Optimizing Information Extraction over Evolving Text

Fei Chen, University of Wisconsin-Madison

Information extraction (IE) programs automatically extract structured data that are embedded in text corpora. These extracted structured data can then be exploited by all kinds of applications such as structure queries and data mining. As such, IE is becoming increasingly important in managing text corpora. Most current IE solutions have considered only static text corpora, over which we typically apply IE programs only once. However, many real-world text corpora such as Wikipedia are evolving: documents can be added, deleted and modified. Therefore, to keep extracted information up to date, we often must apply IE programs repeatedly, to every corpus snapshot. How can we execute such repeated IE efficiently?
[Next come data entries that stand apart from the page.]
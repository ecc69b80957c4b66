// What stands beside an unpack.
ghost use Rattle.std.specs.Prelude.{◌≡◌, ◌++◌, IfOk};
ghost use Rattle.unpack_commit.specs.Takeover.{yields_of as names_of_yields};

use status_db::NotedDatabase;
use std::alloc::{AllocError, Global};
use texts::{Text, Texts};
use unpack_commit::yields_of;
use unpack_rows::OtherPackage;

/// Other packages beside an unpack: those that have rows, and the names of those with whose files
/// no path clashes, beside the packages of which only conffiles are left.
#[derive(Drop)]
pub struct Others {
    /// Those that are deconfigured, or whose prerm is called since they conflict, in the order of
    /// their rows.
    pub packages: Vec<OtherPackage>,
    pub yields: Texts,
}

/// The packages of which only conffiles are left, and then these.
pub(crate) fn all_yields(
    alloc: Global,
    database: &NotedDatabase,
    others: &[Text],
) -> Result<Texts, AllocError>
    ensures { IfOk result (λ names. names ≡ names_of_yields database.now.records ++ others.now) }
{
    let mut names = yields_of(alloc, database.records())?;
    for other in others {
        names.push(other.copy()?)?;
    }
    Ok(names)
}
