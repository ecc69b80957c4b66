//! How listed paths of a package and names that only the installer writes are taken away.
//!
//! # What is proved
//!
//! `remove_owned` takes the listed paths away that may go, the last first, a directory where
//! nothing is left below it and its removal isn't declined (`removed`), `remove_directories`
//! directories alone, `clear_names` and `retire_names` what stands at reserved names; at each moment
//! each path is as before, or a file that lends no rights any more, or gone (`any_moment`), and the
//! same removal finishes one that was stopped (`what_a_removal_leaves`). What a listed file or a
//! backup lent it lends no more when it goes (`lowered`), and the removal of a file alone can be
//! told as declined (`declined`).
#![tactic(auto)]

mod clearing;
mod laws;
mod leaving;
mod removal;

pub use clearing::{clear_name, clear_names, retire_names};
pub use laws::{what_a_clearing_leaves, what_a_removal_leaves};
pub use leaving::Leaving;
pub use removal::{remove_directories, remove_owned};
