// What of a plan goes by where paths are, planned again by another table of diversions.
ghost use Rattle.std.specs.Prelude.{◌≡◌, IfOk, List};
ghost use Rattle.package_files.specs.declared.work.Work.{Work as AWork};
ghost use Rattle.undo_rows.specs.declared.rows.Row.{Row};
ghost use Rattle.unpack_plan.specs.Planned.{IsPlanned, Job, planned_from};
ghost use Rattle.unpack_plan.specs.declared.plan.PlannedCommit.{PlannedCommit as ACommit};

use crate::files::{OwnFiles, own_files};
use diversions::Diversions;
use file_lists::{FileLists, Paths};
use file_removal::Leaving;
use host_core::RootPath;
use package_files::Work;
use package_tree::Package;
use status_records::Record;
use std::alloc::{AllocError, Global};
use unpack_steps::Rows;

/// What is shipped, in path order; and what the commit does by the places of paths.
#[derive(Drop)]
pub struct PlannedFiles {
    pub works: Vec<Work>,
    pub new_list: Paths,
    pub leaving: Vec<Leaving>,
    pub names: Vec<RootPath>,
}

/// Plans the files of a tree again, by another table than that which its plan went by. The records, the rows and the control files
/// stay; the tree is used up.
pub fn plan_again(
    alloc: Global,
    incoming: Package,
    rows: &Rows,
    fresh: &Record,
    lists: &FileLists,
    diversions: &Diversions,
) -> Result<PlannedFiles, AllocError>
    ensures { IfOk result (λ again. (j : Job) (works : List AWork) (calls : List Row) (commit : ACommit)
        → j.«package» ≡ incoming → j.lists ≡ lists.now.lists → commit.fresh ≡ fresh.now
        → IsPlanned j (planned_from rows.now works calls commit)
        → IsPlanned (record j { ways = diversions.now.ways })
        (planned_from rows.now again.works.items calls (record commit {
          new_list = again.new_list;
          leaving = again.leaving;
          names = again.names;
        }))) }
{
    let found = rows.found.as_ref();
    let files = own_files(alloc, lists, diversions, incoming, found, fresh)?;
    let OwnFiles { changes, contents } = files;
    Ok(PlannedFiles {
        works: contents.works,
        new_list: changes.new_list,
        leaving: changes.leaving,
        names: contents.names,
    })
}
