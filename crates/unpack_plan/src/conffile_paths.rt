// The conffiles that a record tells of.
ghost use Rattle.std.specs.Prelude.{◌≡◌, ◌++◌, map, IfOk, OnOk};
ghost use Rattle.std.specs.Option.{option_copied};
ghost use Rattle.status_records.specs.declared.entries.PendingDigest.{PendingDigest as APendingDigest};
ghost use Rattle.unpack_plan.specs.Lists.{entry_paths};
ghost use Rattle.unpack_plan.specs.Names.{known_conffiles};
ghost use Rattle.unpack_plan.specs.Records.{entries_of};

use host_core::ShipPath;
use status_records::{ConffileEntry, PendingDigest, Record};
use std::alloc::{AllocError, Global};

fn add_entries(entries: &[ConffileEntry], paths: &mut Vec<ShipPath>) -> Result<(), AllocError>
    ensures { OnOk result (paths.new.items ≡ paths.old.items ++ entry_paths entries.now) }
{
    for entry in entries {
        paths.push(entry.path.copy()?)?;
    }
    Ok(())
}

fn add_pending(pending: &[PendingDigest], paths: &mut Vec<ShipPath>) -> Result<(), AllocError>
    ensures { OnOk result
        (paths.new.items ≡ paths.old.items ++ map (λ (d : APendingDigest). d.path) pending.now) }
{
    for digest in pending {
        paths.push(digest.path.copy()?)?;
    }
    Ok(())
}

/// The paths of its entries.
pub(crate) fn entry_paths(
    alloc: Global,
    found: Option<&Record>,
) -> Result<Vec<ShipPath>, AllocError>
    ensures { IfOk result
        (λ paths. paths.items ≡ entry_paths (entries_of (option_copied found.entry))) }
{
    let mut paths = Vec::new(alloc);
    if let Some(found) = found {
        add_entries(found.conffiles.as_slice(), &mut paths)?;
    }
    Ok(paths)
}

/// The same, and behind them the paths of digests that aren't settled.
pub(crate) fn known_conffiles(
    alloc: Global,
    found: Option<&Record>,
) -> Result<Vec<ShipPath>, AllocError>
    ensures { IfOk result (λ paths. paths.items ≡ known_conffiles (option_copied found.entry)) }
{
    let mut paths = Vec::new(alloc);
    if let Some(found) = found {
        add_entries(found.conffiles.as_slice(), &mut paths)?;
        add_pending(found.pending.as_slice(), &mut paths)?;
    }
    Ok(paths)
}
In this talk, I will present efficient solutions for IE over evolving text. The underlying idea of these solutions is to recycle previous IE results, given that consecutive corpus snapshots often contain much overlapping text. I will first discuss Cyclex, a system that recycles for single IE programs. Cyclex models a small set of important properties shared by many practical IE programs to guarantee the correctness of recycling. Furthermore, it can efficiently recycle for large-scale text corpora by exploiting several database techniques such as cost-based optimization and a join-like recycling algorithm. Then I will talk about Delex, which builds on Cyclex and recycles for complex IE workflows that consist of multiple IE programs. Finally, I will conclude with future research directions in deploying and managing IE systems over large-scale text corpora and developing user-friendly, robust and scalable analysis tools for scientific researchers.

Speaker Biography

Fei Chen is a doctoral candidate in the Database group at the University of Wisconsin-Madison. Her dissertation develops solutions for efficient information extraction over large-scale evolving text. Her research interests include managing large-scale text corpora, distributed computing and mining biology sequences.